Go through the data below and report how many lines contain "where"; the reply holds only that number.

(THE RECORDS begins)

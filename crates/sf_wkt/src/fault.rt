ghost use Rattle.std.specs.Prelude.{◌≡◌};
ghost use Rattle.sf_refusals.specs.Refusals.{name_of, number_of};
ghost use Rattle.sf_wkt.specs.Faults.{refusal_of};

use sf_refusals::Refusal;
use std::alloc::{AllocError, AllocFailed};
use thiserror::Error;

/// Why a text has no geometry.
#[derive(Clone, Copy, Debug, PartialEq, Eq, Error)]
pub enum WktFault {
    /// No memory was found for the geometry.
    #[error("no memory was found for the geometry")]
    Memory,
    /// A token cannot stand where it stands. The place is that of its first byte in the text, in bytes
    /// from the text's front; where the text ended too early, it is the text's length.
    #[error("a token cannot stand at byte {0}")]
    Syntax(usize),
    /// A coordinate has a fraction that isn't zero.
    #[error("a coordinate is no whole number")]
    OffGrid,
    /// A coordinate is a whole number off the grid.
    #[error("a coordinate is outside the grid")]
    OutOfRange,
    /// `EMPTY` stands where a bracket or an x may stand.
    #[error("the geometry or a list in it is empty")]
    Empty,
    /// The first word isn't the keyword of a geometry that is read, or names a form with more coordinates.
    #[error("the first word is no keyword of a geometry that is read")]
    UnsupportedType,
    /// There are more points than a geometry may have.
    #[error("the geometry has more than 65536 points")]
    TooManyVertices,
}

impl WktFault {
    /// The number of the fault among the refusals of the store.
    pub fn number(self) -> u8
        ensures { result ≡ number_of (refusal_of self) }
    {
        Refusal::from(self).number()
    }

    /// The name of the fault among the refusals of the store.
    pub fn name(self) -> &'static str
        ensures { result.now ≡ name_of (refusal_of self) }
    {
        Refusal::from(self).name()
    }
}

impl From<WktFault> for Refusal {
    ghost from_gives = { λ fault refusal. refusal ≡ refusal_of fault };

    fn from(fault: WktFault) -> Refusal {
        match fault {
            WktFault::Memory => Refusal::Memory,
            WktFault::Syntax(_) => Refusal::Syntax,
            WktFault::OffGrid => Refusal::OffGrid,
            WktFault::OutOfRange => Refusal::OutOfRange,
            WktFault::Empty => Refusal::Empty,
            WktFault::UnsupportedType => Refusal::UnsupportedType,
            WktFault::TooManyVertices => Refusal::TooManyVertices,
        }
    }
}

impl From<AllocError> for WktFault {
    ghost use Rattle.sf_wkt.specs.declared.fault.WktFault.TheVariants.{Memory};

    ghost from_gives = { λ _ fault. fault ≡ Memory };

    fn from(_: AllocError) -> WktFault {
        WktFault::Memory
    }
}

impl<T: Drop> From<AllocFailed<T>> for WktFault {
    ghost use Rattle.sf_wkt.specs.declared.fault.WktFault.TheVariants.{Memory};

    ghost from_gives = { λ _ fault. fault ≡ Memory };

    fn from(_: AllocFailed<T>) -> WktFault {
        WktFault::Memory
    }
}
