ghost use Rattle.std.specs.Prelude.{◌≢◌};

use sf_grid::GridPoint;

/// An edge with the number, counted from 0, of the point from which it goes.
#[derive(Clone, Copy)]
pub(crate) struct WrittenEdge {
    pub number: usize,
    pub from: GridPoint,
    pub to: GridPoint,
    ghost has_length: { from ≢ to },
}
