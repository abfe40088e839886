//! Rings that meet themselves, and the first two edges of such a ring that do.

ghost use Rattle.std.specs.Prelude.{◌≡◌, ◌↔◌, ◌+◌, ◌<◌, IfOk, IsTrue, length};
ghost use Rattle.std.specs.List.{flat_map};
ghost use Rattle.sf_valid_rules.specs.Conditions.{Applies, Condition};
ghost use Rattle.sf_strands.specs.Pairs.{are_neighbours as are_neighbours_at, closes_ring, pair_meets};
ghost use Rattle.sf_strands.specs.Tight.{IsTight};
ghost use Rattle.sf_faults.specs.Candidates.{crossings_of};
ghost use Rattle.sf_faults.specs.Orders.{placed_rings, spots};
ghost use Rattle.sf_faults.specs.Places.{IsFirstAmong};

use crate::earlier::{edge_tree, meets_no_earlier};
use crate::edges::edges_of;
use crate::place::{Place, Spot};
use crate::spots::ring_at;
use sf_geometry::{Sequence, tight};
use sf_grid::edges::meet;
use sf_grid::{GridPoint, Meet};
use std::alloc::{AllocError, Global};

/// The first two edges that meet, of the first ring that meets itself.
pub(crate) fn first_crossing(
    alloc: Global,
    polygons: &[Sequence<Sequence<GridPoint>>],
    rings: &[Spot],
) -> Result<Option<Place>, AllocError>
    requires { rings.now ≡ spots polygons.now }
    ensures { IfOk result (IsFirstAmong (flat_map crossings_of (placed_rings polygons.now))) }
{
    for ring in rings {
        let place = crossing_in(alloc, *ring, ring_at(polygons, *ring))?;
        if place.is_some() {
            return Ok(place);
        }
    }
    Ok(None)
}

/// The first two edges of a ring that meet: the first one that meets an earlier one, and the first of those. Most meet none, which
/// the boxes of edges tell; so a pass over all earlier ones is made once at most.
fn crossing_in(alloc: Global, ring: Spot, points: &[GridPoint]) -> Result<Option<Place>, AllocError>
    ensures { IfOk result (IsFirstAmong (crossings_of (ring, points.now))) }
{
    let edges = edges_of(alloc, points)?;
    let edges = edges.as_slice();
    let kept = tight(alloc, points)?;
    let points = kept.as_slice();
    let tree = edge_tree(alloc, points)?;
    for second in 0..edges.len() {
        if meets_no_earlier(&tree, points, second) {
            continue;
        }
        for first in 0..second {
            if does_pair_meet(points, first, second) {
                return Ok(Some(Place::Edges {
                    ring,
                    first: edges[first].number,
                    second: edges[second].number,
                }));
            }
        }
    }
    Ok(None)
}

/// Whether two edges of a tight list share a point that isn't their common vertex as neighbours.
pub(crate) fn does_pair_meet(points: &[GridPoint], first: usize, second: usize) -> bool
    requires tight { IsTight points.now }
    requires in_order { first < second }
    requires in_range { second + 1 < length points.now }
    ensures { IsTrue result ↔ Applies (Condition.AtPoint (pair_meets points.now first second)) }
{
    let edge = (points[first], points[first + 1]);
    let other = (points[second], points[second + 1]);
    match meet(edge, other) {
        Meet::Apart => false,
        Meet::At(_) => !are_neighbours(points, first, second),
        Meet::Along(..) => true,
    }
}

/// Whether two edges of a tight list are neighbours: one after the other, or the first and the last of a closed
/// list.
fn are_neighbours(points: &[GridPoint], first: usize, second: usize) -> bool
    requires tight { IsTight points.now }
    requires in_order { first < second }
    requires in_range { second + 1 < length points.now }
    ensures { result ≡ are_neighbours_at points.now first second }
{
    second == first + 1 || (first == 0 && closes_list(points, second))
}

/// Whether a tight list is closed, by this edge.
fn closes_list(points: &[GridPoint], edge: usize) -> bool
    requires tight { IsTight points.now }
    requires in_range { edge + 1 < length points.now }
    ensures { result ≡ closes_ring points.now edge }
{
    edge + 2 == points.len() && points[0] == points[edge + 1]
}
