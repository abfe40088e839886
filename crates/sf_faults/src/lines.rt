ghost use Rattle.std.specs.Prelude.{map};
ghost use Rattle.sf_faults.specs.Candidates.{short_line};
ghost use Rattle.sf_faults.specs.Orders.{numbered};
ghost use Rattle.sf_faults.specs.Places.{IsFirstAmong};

use crate::place::Place;
use sf_geometry::{Sequence, tight_length};
use sf_grid::GridPoint;

/// The first line that has too few points.
pub(crate) fn first_short_line(lines: &[Sequence<GridPoint>]) -> Option<Place>
    ensures { IsFirstAmong (map short_line (numbered lines.now)) result }
{
    for (part, points) in lines.iter().enumerate() {
        if tight_length(points.as_slice()) < 2 {
            return Some(Place::Line { part });
        }
    }
    None
}
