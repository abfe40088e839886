//! Rings that are wrong by themselves.

ghost use Rattle.std.specs.Prelude.{◌≡◌, map};
ghost use Rattle.sf_faults.specs.Candidates.{open_ring, short_ring};
ghost use Rattle.sf_faults.specs.Orders.{placed_rings, spots};
ghost use Rattle.sf_faults.specs.Places.{IsFirstAmong};

use crate::place::{Place, Spot};
use crate::spots::ring_at;
use sf_geometry::{Sequence, is_closed, tight_length};
use sf_grid::GridPoint;

/// The first ring whose first and last point differ.
pub(crate) fn first_open_ring(
    polygons: &[Sequence<Sequence<GridPoint>>],
    rings: &[Spot],
) -> Option<Place>
    requires { rings.now ≡ spots polygons.now }
    ensures { IsFirstAmong (map open_ring (placed_rings polygons.now)) result }
{
    for ring in rings {
        if !is_closed(ring_at(polygons, *ring)) {
            return Some(Place::Ring { ring: *ring });
        }
    }
    None
}

/// The first ring that has too few points.
pub(crate) fn first_short_ring(
    polygons: &[Sequence<Sequence<GridPoint>>],
    rings: &[Spot],
) -> Option<Place>
    requires { rings.now ≡ spots polygons.now }
    ensures { IsFirstAmong (map short_ring (placed_rings polygons.now)) result }
{
    for ring in rings {
        if tight_length(ring_at(polygons, *ring)) < 4 {
            return Some(Place::Ring { ring: *ring });
        }
    }
    None
}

(THE RECORDS ends)

**TASK RESULT**
3